> [Exercise goal]: Using the listing below, retype exactly the lines starting at the one with "fn find_cause<S: Alter>(conn: &mut" and ending at the one with "(logged ≡ Logged.Already)", and include both.

> [Data]:
//! The rows of decisions, with their participants: how they are written and taken away.
ghost use Rattle.std.specs.Prelude.{◌≡◌, ◌⊎◌, [], ◌∷◌, true, false, if◌then◌else◌, None, Some, IsSomeAnd, IsTrue, IfOk, OnErr, OnOk, IfErr, ◌≢◌};
ghost use Rattle.std.specs.List.{AllByRecursion};
ghost use Rattle.std.specs.FinMap.{contains_key, get};
ghost use Rattle.xa_log.specs.KeySet.{empty, insert, from_list, KeySet};
ghost use Rattle.sqlite.specs.State.{HasCleanDisk, KeepsCommit, Survives};
ghost use Rattle.sqlite.specs.Held.{state};
ghost use Rattle.xa_base.specs.Branch.{branch_cmp};
ghost use Rattle.xa_log.specs.Contract.{Makes, FitsRow};
ghost use Rattle.xa_log.specs.Content.{Content, with_commit, without_decision};
ghost use Rattle.xa_sql_log.specs.Rows.{IsLog, content_of};
ghost use Rattle.xa_sql_log.specs.Sql.{IsOrderly, content_in, OnlyReads, MayChange, HasWritten, MayInsert};
ghost use Rattle.xa_log.specs.declared.log_fault.LogFault.{LogFault};

use crate::statements::{ask, changed, of_store, stored};
use sqlite::{Alter, Connection, Transaction, params};
use xa_base::{Branch, Gtrid};
use xa_log::{LogFault, Logged};

/// Whether a transaction has a decision's row.
pub(crate) fn find_decision<S: Alter>(conn: &mut Connection<S>, g: Gtrid) -> Result<bool, LogFault>
    requires { FitsRow g }
    ensures reads { OnlyReads (state S.Store conn.old) (state S.Store conn.new) }
    ensures ok { IsOrderly (state S.Store conn.old) → HasCleanDisk (state S.Store conn.new)
        → IfOk result (λ found.
        IsSomeAnd (content_in (state S.Store conn.old))
        (λ c. (content_in (state S.Store conn.new) ≡ Some c)
        × (found ≡ contains_key c.decisions g))) }
    ensures unspent { IfErr result (λ fault. fault ≢ LogFault.Spent) }
{
    let rows = ask(
        conn,
        "SELECT 1 FROM decision WHERE inc = ?1 AND seq = ?2",
        params![stored(g.incarnation), stored(g.sequence)],
    )?;
    Ok(!rows.is_empty())
}

/// Writes the first row of a transaction, its decision.
pub(crate) fn insert_decision<S: Alter>(
    tx: &mut Transaction<'_, S>,
    g: Gtrid,
) -> Result<(), LogFault>
    requires { FitsRow g }
    ensures same_reference { tx.new.conn.ghost_name ≡ tx.old.conn.ghost_name }
    ensures written { MayInsert g (state S.Store tx.old.conn.now)
        → HasCleanDisk (state S.Store tx.new.conn.now)
        → OnOk result (HasWritten g empty (content_of (state S.Store tx.old.conn.now).now.trees)
        (state S.Store tx.new.conn.now)) }
    ensures live { HasCleanDisk (state S.Store tx.new.conn.now)
        → OnOk result (IsTrue (state S.Store tx.old.conn.now).is_open) }
    ensures absent { IsLog (state S.Store tx.old.conn.now).now
        → IsTrue (state S.Store tx.old.conn.now).in_transaction
        → HasCleanDisk (state S.Store tx.new.conn.now) → OnOk result
        (get (content_of (state S.Store tx.old.conn.now).now.trees).decisions g ≡ None) }
    ensures kept { HasCleanDisk (state S.Store tx.new.conn.now)
        → KeepsCommit (state S.Store tx.old.conn.now) (state S.Store tx.new.conn.now) }
    ensures survives { Survives (state S.Store tx.old.conn.now)
        (state S.Store tx.new.conn.now) (λ _. ⊥) }
    ensures unspent { IfErr result (λ fault. fault ≢ LogFault.Spent) }
{
    of_store(tx.execute(
        "INSERT INTO decision (inc, seq) VALUES (?1, ?2)",
        params![stored(g.incarnation), stored(g.sequence)],
    ))?;
    Ok(())
}

/// Writes one more row of a transaction, a participant.
fn insert_participant<S: Alter>(tx: &mut Transaction<'_, S>, branch: Branch) -> Result<(), LogFault>
    requires { FitsRow branch.gtrid }
    ensures same_reference { tx.new.conn.ghost_name ≡ tx.old.conn.ghost_name }
    ensures written { HasCleanDisk (state S.Store tx.new.conn.now)
        → (set : KeySet branch_cmp) (before : Content)
        → HasWritten branch.gtrid set before (state S.Store tx.old.conn.now)
        → OnOk result (HasWritten branch.gtrid (insert set branch) before
        (state S.Store tx.new.conn.now)) }
    ensures kept { HasCleanDisk (state S.Store tx.new.conn.now)
        → KeepsCommit (state S.Store tx.old.conn.now) (state S.Store tx.new.conn.now) }
    ensures survives { Survives (state S.Store tx.old.conn.now)
        (state S.Store tx.new.conn.now) (λ _. ⊥) }
    ensures unspent { IfErr result (λ fault. fault ≢ LogFault.Spent) }
{
    of_store(tx.execute(
        "INSERT INTO participant (inc, seq, thread, rm) VALUES (?1, ?2, ?3, ?4)",
        params![
            stored(branch.gtrid.incarnation),
            stored(branch.gtrid.sequence),
            i64::from(branch.thread),
            i64::from(branch.rm)
        ],
    ))?;
    Ok(())
}

/// Writes the rows of two participants, the only ones of a transaction, by one statement.
fn insert_two<S: Alter>(
    tx: &mut Transaction<'_, S>,
    one: Branch,
    other: Branch,
) -> Result<(), LogFault>
    requires fits { FitsRow one.gtrid }
    requires own { other.gtrid ≡ one.gtrid }
    ensures same_reference { tx.new.conn.ghost_name ≡ tx.old.conn.ghost_name }
    ensures written { HasCleanDisk (state S.Store tx.new.conn.now) → (before : Content)
        → HasWritten one.gtrid empty before (state S.Store tx.old.conn.now)
        → OnOk result (HasWritten one.gtrid (from_list (one ∷ other ∷ [])) before
        (state S.Store tx.new.conn.now)) }
    ensures kept { HasCleanDisk (state S.Store tx.new.conn.now)
        → KeepsCommit (state S.Store tx.old.conn.now) (state S.Store tx.new.conn.now) }
    ensures survives { Survives (state S.Store tx.old.conn.now)
        (state S.Store tx.new.conn.now) (λ _. ⊥) }
    ensures unspent { IfErr result (λ fault. fault ≢ LogFault.Spent) }
{
    of_store(tx.execute(
        "INSERT INTO participant (inc, seq, thread, rm) VALUES (?1, ?2, ?3, ?4), (?5, ?6, ?7, ?8)",
        params![
            stored(one.gtrid.incarnation),
            stored(one.gtrid.sequence),
            i64::from(one.thread),
            i64::from(one.rm),
            stored(other.gtrid.incarnation),
            stored(other.gtrid.sequence),
            i64::from(other.thread),
            i64::from(other.rm)
        ],
    ))?;
    Ok(())
}

/// Writes the rows of all participants, one after another.
fn insert_each<S: Alter>(
    tx: &mut Transaction<'_, S>,
    g: Gtrid,
    participants: &[Branch],
) -> Result<(), LogFault>
    requires fits { FitsRow g }
    requires own { AllByRecursion (λ b. b.gtrid ≡ g) participants.now }
    ensures same_reference { tx.new.conn.ghost_name ≡ tx.old.conn.ghost_name }
    ensures written { HasCleanDisk (state S.Store tx.new.conn.now) → (before : Content)
        → HasWritten g empty before (state S.Store tx.old.conn.now)
        → OnOk result (HasWritten g (from_list participants.now) before
        (state S.Store tx.new.conn.now)) }
    ensures kept { HasCleanDisk (state S.Store tx.new.conn.now)
        → KeepsCommit (state S.Store tx.old.conn.now) (state S.Store tx.new.conn.now) }
    ensures survives { Survives (state S.Store tx.old.conn.now)
        (state S.Store tx.new.conn.now) (λ _. ⊥) }
    ensures unspent { IfErr result (λ fault. fault ≢ LogFault.Spent) }
{
    for branch in participants {
        insert_participant(tx, *branch)?;
    }
    Ok(())
}

/// Writes the rows of all participants: of two, as most transactions have, by one statement.
pub(crate) fn insert_participants<S: Alter>(
    tx: &mut Transaction<'_, S>,
    g: Gtrid,
    participants: &[Branch],
) -> Result<(), LogFault>
    requires fits { FitsRow g }
    requires own { AllByRecursion (λ b. b.gtrid ≡ g) participants.now }
    ensures same_reference { tx.new.conn.ghost_name ≡ tx.old.conn.ghost_name }
    ensures written { HasCleanDisk (state S.Store tx.new.conn.now) → (before : Content)
        → HasWritten g empty before (state S.Store tx.old.conn.now)
        → OnOk result (HasWritten g (from_list participants.now) before
        (state S.Store tx.new.conn.now)) }
    ensures kept { HasCleanDisk (state S.Store tx.new.conn.now)
        → KeepsCommit (state S.Store tx.old.conn.now) (state S.Store tx.new.conn.now) }
    ensures survives { Survives (state S.Store tx.old.conn.now)
        (state S.Store tx.new.conn.now) (λ _. ⊥) }
    ensures unspent { IfErr result (λ fault. fault ≢ LogFault.Spent) }
{
    match participants {
        [one, other] => insert_two(tx, *one, *other),
        others => insert_each(tx, g, others),
    }
}

/// Writes all rows of a transaction that has none, or none of them.
fn insert_all<S: Alter>(
    conn: &mut Connection<S>,
    g: Gtrid,
    participants: &[Branch],
) -> Result<(), LogFault>
    requires fits { FitsRow g }
    requires own { AllByRecursion (λ b. b.gtrid ≡ g) participants.now }
    ensures changes { MayChange (with_commit g (from_list participants.now))
        (state S.Store conn.old)
        (state S.Store conn.new) }
    ensures ok { IsOrderly (state S.Store conn.old) → HasCleanDisk (state S.Store conn.new)
        → OnOk result (Makes (with_commit g (from_list participants.now))
        (content_in (state S.Store conn.old)) (content_in (state S.Store conn.new))) }
    ensures absent { IsOrderly (state S.Store conn.old) → HasCleanDisk (state S.Store conn.new)
        → OnOk result (IsSomeAnd (content_in (state S.Store conn.old))
        (λ c. false ≡ contains_key c.decisions g)) }
    ensures kept { IsOrderly (state S.Store conn.old) → HasCleanDisk (state S.Store conn.new)
        → OnErr result ((content_in (state S.Store conn.new) ≡ None)
        ⊎ (content_in (state S.Store conn.new) ≡ content_in (state S.Store conn.old))) }
    ensures unspent { IfErr result (λ fault. fault ≢ LogFault.Spent) }
{
    if !conn.is_autocommit() {
        return Err(LogFault::Store);
    }
    let mut tx = conn.transaction();
    insert_decision(&mut tx, g)?;
    insert_participants(&mut tx, g, participants)?;
    of_store(tx.commit())?;
    Ok(())
}

/// Why a decision was not written: it was there, or else the store failed.
fn find_cause<S: Alter>(conn: &mut Connection<S>, g: Gtrid) -> Result<Logged, LogFault>
    requires { FitsRow g }
    ensures reads { OnlyReads (state S.Store conn.old) (state S.Store conn.new) }
    ensures ok { IsOrderly (state S.Store conn.old) → HasCleanDisk (state S.Store conn.new)
        → IfOk result (λ logged. (logged ≡ Logged.Already)
        × IsSomeAnd (content_in (state S.Store conn.old))
        (λ c. (content_in (state S.Store conn.new) ≡ Some c)
        × (true ≡ contains_key c.decisions g))) }
    ensures unspent { IfErr result (λ fault. fault ≢ LogFault.Spent) }
{
    if find_decision(conn, g)? {
        Ok(Logged::Already)
    } else {
        Err(LogFault::Store)
    }
}

/// Decides that a transaction commits. A row that is there keeps its own participants: it is the key of its table, so
/// that no look comes before the rows are written.
pub(crate) fn commit<S: Alter>(
    conn: &mut Connection<S>,
    g: Gtrid,
    participants: &[Branch],
) -> Result<Logged, LogFault>
    requires fits { FitsRow g }
    requires own { AllByRecursion (λ b. b.gtrid ≡ g) participants.now }
    ensures changes { MayChange (with_commit g (from_list participants.now))
        (state S.Store conn.old)
        (state S.Store conn.new) }
    ensures ok { IsOrderly (state S.Store conn.old) → HasCleanDisk (state S.Store conn.new)
        → OnOk result (Makes (with_commit g (from_list participants.now))
        (content_in (state S.Store conn.old)) (content_in (state S.Store conn.new))) }
    ensures answer { IsOrderly (state S.Store conn.old) → HasCleanDisk (state S.Store conn.new)
        → IfOk result (λ logged.
        IsSomeAnd (content_in (state S.Store conn.old)) (λ c. logged
        ≡ (if contains_key c.decisions g then Logged.Already else Logged.New))) }
    ensures unspent { IfErr result (λ fault. fault ≢ LogFault.Spent) }
{
    match insert_all(conn, g, participants) {
        Ok(()) => Ok(Logged::New),
        Err(LogFault::Store) => find_cause(conn, g),
        Err(fault) => Err(fault),
    }
}

/// Takes a decision away with its participants, and answers whether it was there. No look comes first: the DELETE
/// tells how many rows it took.
pub(crate) fn done<S: Alter>(conn: &mut Connection<S>, g: Gtrid) -> Result<bool, LogFault>
    requires { FitsRow g }
    ensures changes { MayChange (without_decision g) (state S.Store conn.old)
        (state S.Store conn.new) }
    ensures ok { IsOrderly (state S.Store conn.old) → HasCleanDisk (state S.Store conn.new)
        → OnOk result (Makes (without_decision g) (content_in (state S.Store conn.old))
        (content_in (state S.Store conn.new))) }
    ensures answer { IsOrderly (state S.Store conn.old) → HasCleanDisk (state S.Store conn.new)
        → IfOk result (λ found.
        IsSomeAnd (content_in (state S.Store conn.old)) (λ c. found ≡ contains_key c.decisions g)) }
    ensures unspent { IfErr result (λ fault. fault ≢ LogFault.Spent) }
{
    let rows = changed(
        conn,
        "DELETE FROM decision WHERE inc = ?1 AND seq = ?2",
        params![stored(g.incarnation), stored(g.sequence)],
    )?;
    Ok(rows != 0)
}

> [Answer for this exercise]:
fn find_cause<S: Alter>(conn: &mut Connection<S>, g: Gtrid) -> Result<Logged, LogFault>
    requires { FitsRow g }
    ensures reads { OnlyReads (state S.Store conn.old) (state S.Store conn.new) }
    ensures ok { IsOrderly (state S.Store conn.old) → HasCleanDisk (state S.Store conn.new)
        → IfOk result (λ logged. (logged ≡ Logged.Already)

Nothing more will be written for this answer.